The study, from the University College London Institute of Child Health (ICH) follows examined evidence of harm associated with prenatal antibiotics provided by a single large trial (n > 4,000) of prophylactic antibiotics for women in preterm labor. The authors analyzed a cohort of 195,909 women to determine the risk of cerebral palsy or epilepsy in children whose mothers were prescribed antibiotics during pregnancy, Pharmaceutical Journal reports.
Ruth Gilbert, professor of clinical epidemiology at ICH, led the study. Gilbert says the study’s findings add weight to concerns over this class of antibiotics, which includes Erythromycin, azithromycin, and clarithromycin. But she also notes that patients could face significant harm from an infection and this could be more significant than the risk posed by antibiotics. Gilbert says, “we need to consider whether we should recommend alternatives,” according to Pharmaceutical Journal.
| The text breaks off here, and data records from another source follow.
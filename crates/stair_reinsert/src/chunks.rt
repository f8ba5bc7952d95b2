//! What a chunk that is written leaves, where media come back.

ghost use Rattle.std.specs.Prelude.{◌≡◌, ◌+◌, ◌<◌, ℕ, true, IsTrue, List, None, Ok, Option, Result, Some};
ghost use Rattle.stair_rack.specs.Answers.{IsHistory};
ghost use Rattle.stair_rack.specs.Crash.{EachImage};
ghost use Rattle.stair_rack.specs.History.{Happening};
ghost use Rattle.stair_rack.specs.Moments.{IsMoment};
ghost use Rattle.stair_rack.specs.RackState.{RackState};
ghost use Rattle.stair_rack.specs.declared.rack.Reply.{Reply};
ghost use Rattle.stair_rack.specs.declared.rack.Reply.TheVariants.{Done};
ghost use Rattle.stair_member.specs.Membership.{Membership};
ghost use Rattle.stair_state.specs.State.{State};
ghost use Rattle.stair_invariant.specs.Effects.{snapshot};
ghost use Rattle.stair_invariant.specs.Rebuilding.{Rebuild};
ghost use Rattle.stair_invariant.specs.Returning.{AnyReturns, StaysWithinTolerance};
ghost use Rattle.stair_invariant.specs.SeatSteps.{EachMayDrop};
ghost use Rattle.stair_invariant.specs.Session.{Remembered, seats_in};
ghost use Rattle.stair_array.specs.Causes.{IsNextChunk};
ghost use Rattle.stair_array.specs.Machine.{RebuildNext, Refusal};
ghost use Rattle.stair_array.specs.MendingSteps.{WritesNext};
ghost use Rattle.stair_array.specs.Promise.{IsInState, IsLeftBy, Opened, running};

/// What `chunk_to` of an array leaves. It does nothing.
pub fn chunk_laws()
    // On an honest rack that is an array in a state, each image that a crash may leave at a moment of a chunk represents a
    // state that a crash within a step of a rebuild leaves. This holds for the last chunk too, before any promotion.
    ensures cut { (m last : Membership) (rebuild : Option Rebuild) (known : Option Remembered) (j t : ℕ)
        (answer : Result Reply Refusal) (x y : RackState) (before : List Happening) (s : State)
        (c : List Happening) → IsNextChunk (running m rebuild known) j t →
        t < m.array.geometry.stripes → WritesNext j t answer (snapshot m x) (snapshot last y) →
        IsTrue y.honest → IsHistory x.history →
        IsInState AnyReturns before s (record { told = x; session = Opened (running m rebuild known) }) →
        IsMoment x.history c y.history → StaysWithinTolerance AnyReturns s.geometry true before c →
        EachImage (IsLeftBy AnyReturns RebuildNext m before c s) c }
    // Once a chunk was written, be it the last one of its slot, the array goes on in its state. Other slots may have been
    // dropped. The rebuild has come past the chunk, and so any call of the array may come before the promotion.
    ensures goes_on { (m last : Membership) (rebuild : Option Rebuild) (known : Option Remembered) (j t : ℕ)
        (x y : RackState) (before : List Happening) (s : State) → IsNextChunk (running m rebuild known) j t →
        t < m.array.geometry.stripes → WritesNext j t (Ok Done) (snapshot m x) (snapshot last y) →
        IsTrue y.honest → IsHistory x.history →
        IsInState AnyReturns before s (record { told = x; session = Opened (running m rebuild known) }) →
        StaysWithinTolerance AnyReturns s.geometry true before y.history →
        EachMayDrop (seats_in m.array) (seats_in last.array) ×
        IsInState AnyReturns before (record s { seats = Some (seats_in last.array) })
        (record { told = y; session = Opened (running last (Some (record { slot = j; stripe = t + 1 })) None) }) }
{}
The researchers found a slightly increased risk of cerebral palsy or epilepsy in the children of mothers who took macrolides compared with those who took penicillin. The incidence of cerebral palsy or epilepsy in children whose mothers took macrolides was 254.6 per 100,000 child-years-at-risk, as compared with 143.6 in children whose mothers took penicillin, Pharmaceutical Journal reports. The children were followed from birth to a median of 3.6 years.
The director of vigilance and risk management of medicines for the UK’s Medicines and Healthcare products Regulatory Agency (MHRA), urged caution in considering the study’s findings. “The suggestion of a risk with the use of macrolide antibiotics during pregnancy should be treated with great caution,” June Raine says. The conclusion lacks information on the type and seriousness of the infection. Raine said independent experts confirmed for the MHRA that “the study is insufficient to suggest that use of macrolides in pregnancy is associated with a particular risk.”
Gilbert says the study’s findings should be viewed in context. “There is now a large body of evidence of adverse effects of macrolides in different populations, during pregnancy and in adults,” according to Gilbert. “There are three very large database studies in adults showing an association between macrolides and cardiac deaths and cardiac events.” Though it is a “very rare, low risk,” it is still a risk.
Gilbert says there is an “accumulation of signals” that needs to be considered by regulators, including a 2005 Swedish study that reported a link between erythromycin use by pregnant women and cardiovascular malformations in infants. Based on these findings, several Scandinavian countries recommended against prescribing the drug to pregnant women, according to Pharmaceutical Journal. Gilbert says the question is whether the evidence is strong enough for patients to be cautioned, particularly since there are alternative treatments.